WHAT THE TASK REQUIRES » A complete, exact copy of the records below is the required result.

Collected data

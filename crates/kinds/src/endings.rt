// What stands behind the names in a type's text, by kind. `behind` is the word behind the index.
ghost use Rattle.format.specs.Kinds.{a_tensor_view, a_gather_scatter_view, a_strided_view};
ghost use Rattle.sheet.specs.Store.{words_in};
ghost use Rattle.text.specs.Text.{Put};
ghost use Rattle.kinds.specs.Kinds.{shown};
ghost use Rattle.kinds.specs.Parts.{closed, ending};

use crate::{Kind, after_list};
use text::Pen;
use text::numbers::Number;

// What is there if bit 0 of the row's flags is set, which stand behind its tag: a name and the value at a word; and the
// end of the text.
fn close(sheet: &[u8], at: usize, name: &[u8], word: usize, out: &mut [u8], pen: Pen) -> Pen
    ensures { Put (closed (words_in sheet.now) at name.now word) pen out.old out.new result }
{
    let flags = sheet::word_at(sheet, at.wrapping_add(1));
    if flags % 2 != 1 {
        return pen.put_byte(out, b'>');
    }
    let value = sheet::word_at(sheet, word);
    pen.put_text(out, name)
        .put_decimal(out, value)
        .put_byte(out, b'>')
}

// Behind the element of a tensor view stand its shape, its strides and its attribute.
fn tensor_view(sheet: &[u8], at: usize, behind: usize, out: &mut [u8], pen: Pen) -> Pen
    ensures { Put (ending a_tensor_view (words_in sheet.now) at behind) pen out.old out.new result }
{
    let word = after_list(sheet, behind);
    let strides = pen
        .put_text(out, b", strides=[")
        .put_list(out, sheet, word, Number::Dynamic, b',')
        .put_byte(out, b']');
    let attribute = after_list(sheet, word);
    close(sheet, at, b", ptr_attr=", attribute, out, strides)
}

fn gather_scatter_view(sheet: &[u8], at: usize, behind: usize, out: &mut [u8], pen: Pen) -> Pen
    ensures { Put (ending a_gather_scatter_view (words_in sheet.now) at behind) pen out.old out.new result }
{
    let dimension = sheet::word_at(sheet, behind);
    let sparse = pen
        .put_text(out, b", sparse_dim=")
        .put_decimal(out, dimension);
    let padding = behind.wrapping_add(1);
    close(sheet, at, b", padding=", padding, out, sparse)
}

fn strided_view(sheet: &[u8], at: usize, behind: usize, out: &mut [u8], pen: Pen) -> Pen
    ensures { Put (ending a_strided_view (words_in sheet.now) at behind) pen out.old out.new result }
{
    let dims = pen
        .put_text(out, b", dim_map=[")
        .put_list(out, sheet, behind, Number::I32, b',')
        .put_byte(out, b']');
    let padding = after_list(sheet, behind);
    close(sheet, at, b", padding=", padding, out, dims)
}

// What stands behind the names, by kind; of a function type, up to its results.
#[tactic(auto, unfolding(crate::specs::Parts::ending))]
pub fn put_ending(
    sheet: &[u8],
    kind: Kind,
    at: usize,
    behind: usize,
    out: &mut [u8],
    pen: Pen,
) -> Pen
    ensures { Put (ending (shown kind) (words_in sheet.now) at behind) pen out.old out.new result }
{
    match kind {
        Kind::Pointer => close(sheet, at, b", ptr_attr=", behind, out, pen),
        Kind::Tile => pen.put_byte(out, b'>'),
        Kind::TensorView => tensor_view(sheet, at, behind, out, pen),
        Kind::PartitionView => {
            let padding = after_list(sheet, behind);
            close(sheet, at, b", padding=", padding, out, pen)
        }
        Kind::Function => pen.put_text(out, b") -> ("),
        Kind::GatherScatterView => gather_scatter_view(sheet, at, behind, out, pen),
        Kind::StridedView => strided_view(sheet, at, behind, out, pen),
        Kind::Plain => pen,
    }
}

SOLUTION TO THIS EXERCISE »
filename crates/kinds/src/endings.rt
// What stands behind the names in a type's text, by kind. `behind` is the word behind the index.
ghost use Rattle.format.specs.Kinds.{a_tensor_view, a_gather_scatter_view, a_strided_view};
ghost use Rattle.sheet.specs.Store.{words_in};
ghost use Rattle.text.specs.Text.{Put};
ghost use Rattle.kinds.specs.Kinds.{shown};
ghost use Rattle.kinds.specs.Parts.{closed, ending};

use crate::{Kind, after_list};
use text::Pen;
use text::numbers::Number;

// What is there if bit 0 of the row's flags is set, which stand behind its tag: a name and the value at a word; and the
// end of the text.
fn close(sheet: &[u8], at: usize, name: &[u8], word: usize, out: &mut [u8], pen: Pen) -> Pen
    ensures { Put (closed (words_in sheet.now) at name.now word) pen out.old out.new result }
{
    let flags = sheet::word_at(sheet, at.wrapping_add(1));
    if flags % 2 != 1 {
        return pen.put_byte(out, b'>');
    }
    let value = sheet::word_at(sheet, word);
    pen.put_text(out, name)
        .put_decimal(out, value)
        .put_byte(out, b'>')
}

// Behind the element of a tensor view stand its shape, its strides and its attribute.
fn tensor_view(sheet: &[u8], at: usize, behind: usize, out: &mut [u8], pen: Pen) -> Pen
    ensures { Put (ending a_tensor_view (words_in sheet.now) at behind) pen out.old out.new result }
{
    let word = after_list(sheet, behind);
    let strides = pen
        .put_text(out, b", strides=[")
        .put_list(out, sheet, word, Number::Dynamic, b',')
        .put_byte(out, b']');
    let attribute = after_list(sheet, word);
    close(sheet, at, b", ptr_attr=", attribute, out, strides)
}

fn gather_scatter_view(sheet: &[u8], at: usize, behind: usize, out: &mut [u8], pen: Pen) -> Pen
    ensures { Put (ending a_gather_scatter_view (words_in sheet.now) at behind) pen out.old out.new result }
{
    let dimension = sheet::word_at(sheet, behind);
    let sparse = pen
        .put_text(out, b", sparse_dim=")
        .put_decimal(out, dimension);
    let padding = behind.wrapping_add(1);
    close(sheet, at, b", padding=", padding, out, sparse)
}

fn strided_view(sheet: &[u8], at: usize, behind: usize, out: &mut [u8], pen: Pen) -> Pen
    ensures { Put (ending a_strided_view (words_in sheet.now) at behind) pen out.old out.new result }
{
    let dims = pen
        .put_text(out, b", dim_map=[")
        .put_list(out, sheet, behind, Number::I32, b',')
        .put_byte(out, b']');
    let padding = after_list(sheet, behind);
    close(sheet, at, b", padding=", padding, out, dims)
}

// What stands behind the names, by kind; of a function type, up to its results.
#[tactic(auto, unfolding(crate::specs::Parts::ending))]
pub fn put_ending(
    sheet: &[u8],
    kind: Kind,
    at: usize,
    behind: usize,
    out: &mut [u8],
    pen: Pen,
) -> Pen
    ensures { Put (ending (shown kind) (words_in sheet.now) at behind) pen out.old out.new result }
{
    match kind {
        Kind::Pointer => close(sheet, at, b", ptr_attr=", behind, out, pen),
        Kind::Tile => pen.put_byte(out, b'>'),
        Kind::TensorView => tensor_view(sheet, at, behind, out, pen),
        Kind::PartitionView => {
            let padding = after_list(sheet, behind);
            close(sheet, at, b", padding=", padding, out, pen)
        }
        Kind::Function => pen.put_text(out, b") -> ("),
        Kind::GatherScatterView => gather_scatter_view(sheet, at, behind, out, pen),
        Kind::StridedView => strided_view(sheet, at, behind, out, pen),
        Kind::Plain => pen,
    }
}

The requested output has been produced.